■ **What to work on**: Your response should contain each line of the data that includes "ghost".

■ **Input material**:
******************************

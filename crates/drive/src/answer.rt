// The answer to an event, and the drive after it.
use crate::drive::Drive;
use parts::Place;
use refusals::Refusal;
use status::DriveStatus;

#[derive(Clone, Copy, Debug, PartialEq, Eq)]
pub enum Answer {
    // Nothing changed.
    Refused(Refusal),
    // Kinds 1, 2 and 10, and a word of a write before its last.
    Done,
    Status(DriveStatus),
    // A transfer opens: the words to come, and the place.
    Opened(u16, Place),
    // The next word of a read, and the last one, with status 0.
    Word(u16),
    LastWord(u16),
    // Octets 0, 1 and 2 of the status response, with status 0; the other five are 0.
    Response(u8, u8, u8),
}

#[derive(Clone, Copy, Debug, PartialEq, Eq)]
pub struct Outcome {
    pub answer: Answer,
    pub drive: Drive,
}
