//! The header of a file.
ghost use Rattle.std.specs.Prelude.{◌≡◌, ◌≢◌, ◌+◌, ◌≤◌, IsTrue, length, take};
ghost use Rattle.page_access.specs.Pages.{is_page_size, zero_filled};
ghost use Rattle.cell_reader.specs.Shape.{u32_at};
ghost use Rattle.page_size.specs.Fields.{header_in, header_of, named_size};

use byteorder::{BigEndian, ByteOrder};

// The eight page sizes, in bytes.
pub const PAGE_SIZES: [u32; 8] = [512, 1024, 2048, 4096, 8192, 16384, 32768, 65536];

/// What the header of a file says (fileformat2.html, 1.3).
#[derive(Clone, Copy, Debug, PartialEq, Eq)]
pub struct Header {
    /// Bytes of a page, or 0 where the field names no page size.
    pub size: u32,
    /// Reserved bytes at the end of each page.
    pub reserved: u8,
    /// Encoding of texts: 1 UTF-8, 2 UTF-16le, 3 UTF-16be.
    pub encoding: u32,
    /// The first trunk page of the freelist, or 0.
    pub first_trunk: u32,
    /// The user version.
    pub user_version: u32,
    /// The application id.
    pub application_id: u32,
    /// The largest root page of a file with auto-vacuum, else 0.
    pub largest_root: u32,
}

// The page size that the field names, or 0.
fn size_of_field(field: u16) -> u32
    ensures size { result ≡ named_size field }
    ensures valid { result ≢ 0 → IsTrue (is_page_size result) }
{
    let size = if field == 1 { 65536 } else { u32::from(field) };
    if is_size(size) { size } else { 0 }
}

// Whether it is one of the eight page sizes.
fn is_size(size: u32) -> bool
    ensures { result ≡ is_page_size size }
{
    PAGE_SIZES.iter().any(|s| *s == size)
}

// The number in the four bytes at a place.
fn number_at(bytes: &[u8], at: usize) -> u32
    requires { at + 4 ≤ length bytes.now }
    ensures { result ≡ u32_at bytes.now at }
{
    BigEndian::read_u32(&bytes[at..])
}

/// What the header of a file with these first bytes says; missing bytes count as zeros.
pub fn read_header(first: &[u8]) -> Header
    ensures exact { result ≡ header_of first.now }
    ensures size { result.size ≢ 0 → IsTrue (is_page_size result.size) }
{
    let mut bytes = [0; 100];
    copy_front(first, &mut bytes);
    header_from(&bytes)
}

// Copies the first bytes to `to`, with zeros behind them.
fn copy_front(first: &[u8], to: &mut [u8])
    ensures { to.new ≡ zero_filled (length to.new) (take (length to.new) first.now) }
{
    let count = first.len().min(to.len());
    to[..count].copy_from_slice(&first[..count]);
    to[count..].fill(0);
}

// What the 100 bytes of a header say.
#[tactic(auto, unfolding(crate::specs::Fields::header_in))]
fn header_from(bytes: &[u8]) -> Header
    requires { length bytes.now ≡ 100 }
    ensures exact { result ≡ header_in bytes.now }
    ensures size { result.size ≢ 0 → IsTrue (is_page_size result.size) }
{
    Header {
        size: size_of_field(BigEndian::read_u16(&bytes[16..])),
        reserved: bytes[20],
        encoding: number_at(bytes, 56),
        first_trunk: number_at(bytes, 32),
        user_version: number_at(bytes, 60),
        application_id: number_at(bytes, 68),
        largest_root: number_at(bytes, 52),
    }
}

******************************

■ **Worked solution**:
ghost use Rattle.std.specs.Prelude.{◌≡◌, ◌≢◌, ◌+◌, ◌≤◌, IsTrue, length, take};
ghost use Rattle.page_access.specs.Pages.{is_page_size, zero_filled};
ghost use Rattle.cell_reader.specs.Shape.{u32_at};
ghost use Rattle.page_size.specs.Fields.{header_in, header_of, named_size};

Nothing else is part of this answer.